Obama mentioned the incoming commander in chief by name only once, saying, "I committed to President-elect Trump that my administration would ensure the smoothest possible transition, just as President Bush did for me." Obama quieted the crowd's boos when he added, "In 10 days, the world will witness a hallmark of our democracy: The peaceful transfer of power from one freely elected president to the next."
But with Obama's later comments about the future of democracy, it was clear he had concerns about the president-elect's rhetoric on foreign adversaries, such as Russia, and throughout the campaign, especially against Muslim-Americans.
"Democracy can buckle when we give in to fear. So just as we, as citizens, must remain vigilant against external aggression, we must guard against a weakening of the values that make us who we are. That's why, for the past eight years, I've worked to put the fight against terrorism on a firm legal footing. That's why we've ended torture, worked to close Gitmo, and reform our laws governing surveillance to protect privacy and civil liberties. That's why I reject discrimination against Muslim-Americans," Obama said, drawing a sustained standing ovation from the crowd.
"So let's be vigilant, but not afraid," the president continued. "ISIL will try to kill innocent people. But they cannot defeat America unless we betray our Constitution and our principles in the fight. Rivals like Russia or China cannot match our influence around the world — unless we give up what we stand for, and turn ourselves into just another big country that bullies smaller neighbors."

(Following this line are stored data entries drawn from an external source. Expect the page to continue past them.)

//! `song_query`: the shortest texts of queries, and which texts a pattern matches.

use dmap_tags::Text;
use item_model::Query;
use song_query::{is_glob, print, read};
use std::alloc::Global;
use std::process::Abort;
use std::test::Fail;

/// Queries with their shortest texts.
const REPRINTS: [(&str, &str); 12] = [
    (" + 'a:x' + ", "'a:x'"),
    ("'a:x'+'b!:y'", "'a:x' 'b!:y'"),
    ("( ('a:x') )", "'a:x'"),
    ("('a:x' 'b:y'),'c:z'", "'a:x' 'b:y','c:z'"),
    ("('a:x' 'b:y') 'c:z'", "('a:x' 'b:y') 'c:z'"),
    (
        "(('a:x','b:y','c:z')) 'd:w' 'e:v'",
        "('a:x','b:y','c:z') 'd:w' 'e:v'",
    ),
    ("'a:x','b:y','c:z'", "'a:x','b:y','c:z'"),
    ("'a:(,) +!:\"'", "'a:(,) +!:\"'"),
    ("'a:\\'\\*\\\\'", "'a:\\'\\*\\\\'"),
    ("'a:\\\\*\\\\\\*'", "'a:\\\\*\\\\\\*'"),
    ("'a:\u{e9}\\\u{e9}'", "'a:\u{e9}\\\u{e9}'"),
    ("'a<:1'+'b>::'", "'a<:1' 'b>::'"),
];

/// Returns the shortest text of the query in a text.
fn printed(alloc: Global, text: &str) -> Result<Text, Fail> {
    let query = read(alloc, text)?;
    Ok(print(alloc, &query)?)
}

fn are_printed(rt: &impl Abort, alloc: Global, cases: &[(&str, &str)]) -> Result<(), Fail> {
    for (text, wanted) in cases {
        assert_eq!(rt; printed(alloc, *text)?.as_str(), *wanted, "{text}");
    }
    Ok(())
}

#[test]
fn a_text_reads_as_the_query_that_is_printed(rt: HostRuntime) -> Result<(), Fail> {
    are_printed(&rt, rt.alloc(), &REPRINTS)
}

/// Patterns of conditions, each with a text and whether it matches.
const MATCHES: [(&str, &str, bool); 18] = [
    ("'a:ab'", "ab", true),
    ("'a:ab'", "abc", false),
    ("'a:ab'", "xab", false),
    ("'a:a*'", "a", true),
    ("'a:*a'", "a", true),
    ("'a:*a'", "ab", false),
    ("'a:*'", "", true),
    ("'a:*a*'", "bab", true),
    ("'a:*a*'", "bb", false),
    ("'a:a*b*'", "ab", true),
    ("'a:a*b*'", "ba", false),
    ("'a:a*bc*'", "axbc", true),
    ("'a:ab*ba'", "aba", false),
    ("'a:ab*ba'", "abba", true),
    ("'a:*ab*ab'", "abxab", true),
    ("'a:*ab*ab'", "xab", false),
    ("'a:a*b*c'", "acb", false),
    ("'a:A*C'", "abc", true),
];

/// Returns whether the pattern of a query with one condition matches a text.
fn does_match(alloc: Global, query: &str, text: &str) -> Result<bool, Fail> {
    match read(alloc, query)? {
        Query::Cond(cond) => Ok(is_glob(&cond.pattern, text)),
        _ => Ok(false),
    }
}

#[test]
fn a_pattern_matches_its_parts_in_order(rt: HostRuntime) -> Result<(), Fail> {
    for (query, text, wanted) in &MATCHES {
        assert_eq!(rt;
            does_match(rt.alloc(), *query, *text)?,
            *wanted,
            "{query} {text}"
        );
    }
    Ok(())
}
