//! `dmap_tags`: encodings that are known byte for byte, and one call of each function that allocates.

use crate::tables::tag;
use dmap_tags::{Bytes, Code, Kind, Tag, Tags, Text, Value, encode_into, encoded_len, leaf_from};
use std::alloc::{AllocError, Global};
use std::test::Fail;

/// The bytes of the row of an item with id 7 and name `A`.
const ROW: &[u8] = b"mlit\0\0\0\x15miid\0\0\0\x04\0\0\0\x07minm\0\0\0\x01A";

fn row(alloc: Global) -> Result<Tag, AllocError> {
    let mut row = Tags::new(alloc);
    row.push(tag(Code(*b"miid"), Value::U32(7)))?;
    row.push(tag(Code(*b"minm"), Value::Text(Text::of(alloc, "A")?)))?;
    Ok(tag(Code(*b"mlit"), Value::List(row)))
}

#[test]
fn a_row_is_encoded_after_what_is_there(rt: HostRuntime) -> Result<(), Fail> {
    let row = row(rt.alloc())?.copy()?;
    let mut out = Vec::from_slice(rt.alloc(), b"head")?;
    encode_into(&row, &mut out)?;
    assert!(rt; out.as_slice().starts_with(b"head"));
    assert!(rt; out.as_slice().ends_with(ROW));
    assert_eq!(rt; out.len(), 33);
    assert_eq!(rt; encoded_len(&row), Some(29));
    Ok(())
}

fn is_opaque(alloc: Global, payload: &[u8]) -> Result<bool, AllocError> {
    let value = leaf_from(Kind::U32, Vec::from_slice(alloc, payload)?);
    Ok(matches!(value, Value::Opaque(_)))
}

/// Returns whether bytes are not a text, and are returned then.
fn stay_bytes(alloc: Global, bytes: &[u8]) -> Result<bool, AllocError> {
    match Text::from_utf8(Vec::from_slice(alloc, bytes)?) {
        Ok(_) => Ok(false),
        Err(kept) => Ok(kept.copy()?.as_slice() == bytes),
    }
}

fn are_copied(alloc: Global, text: &str) -> Result<bool, AllocError> {
    let bytes = Bytes::of(alloc, text.as_bytes())?;
    let copied = Text::of(alloc, text)?.copy()?;
    Ok(bytes.as_slice() == text.as_bytes() && copied.as_str() == text)
}

#[test]
fn payloads_that_do_not_fit_stay_bytes(rt: HostRuntime) -> Result<(), Fail> {
    assert!(rt; is_opaque(rt.alloc(), b"\0\0\x01")?);
    assert!(rt; stay_bytes(rt.alloc(), b"\xff")?);
    assert!(rt; are_copied(rt.alloc(), "ab")?);
    assert_eq!(rt; Kind::of_number(12).number(), Some(12));
    assert_eq!(rt; Kind::of_number(13), Kind::Opaque);
    Ok(())
}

Obama reflected on his own historic place as the country's first African-American president, but he admitted that his election did not do away with racial tensions — and that it never was going to.
"After my election, there was talk of a post-racial America. Such a vision, however well-intended, was never realistic," Obama said. "For race remains a potent and often divisive force in our society. I've lived long enough to know that race relations are better than they were 10, or 20 or 30 years ago — you can see it not just in statistics, but in the attitudes of young Americans across the political spectrum."
Ultimately, the theme of Obama's speech was one encouraging all Americans — regardless of race, religion or political beliefs — to come together and focus on what unites them, rather than divides them.
"Understand, democracy does not require uniformity. Our founders quarreled and compromised, and expected us to do the same," Obama said. "But they knew that democracy does require a basic sense of solidarity — the idea that for all our outward differences, we are all in this together; that we rise or fall as one."
Telling the country, "It has been the honor of my life to serve you," Obama said his service wasn't over and that he looked forward to contributing "as a citizen, for all my days that remain."
"For now, whether you're young or young at heart, I do have one final ask of you as your president — the same thing I asked when you took a chance on me eight years ago. I am asking you to believe. Not in my ability to bring about change — but in yours," he said.
Obama ended with a familiar refrain, looking both back and ahead: "Yes we can. Yes we did. Yes we can."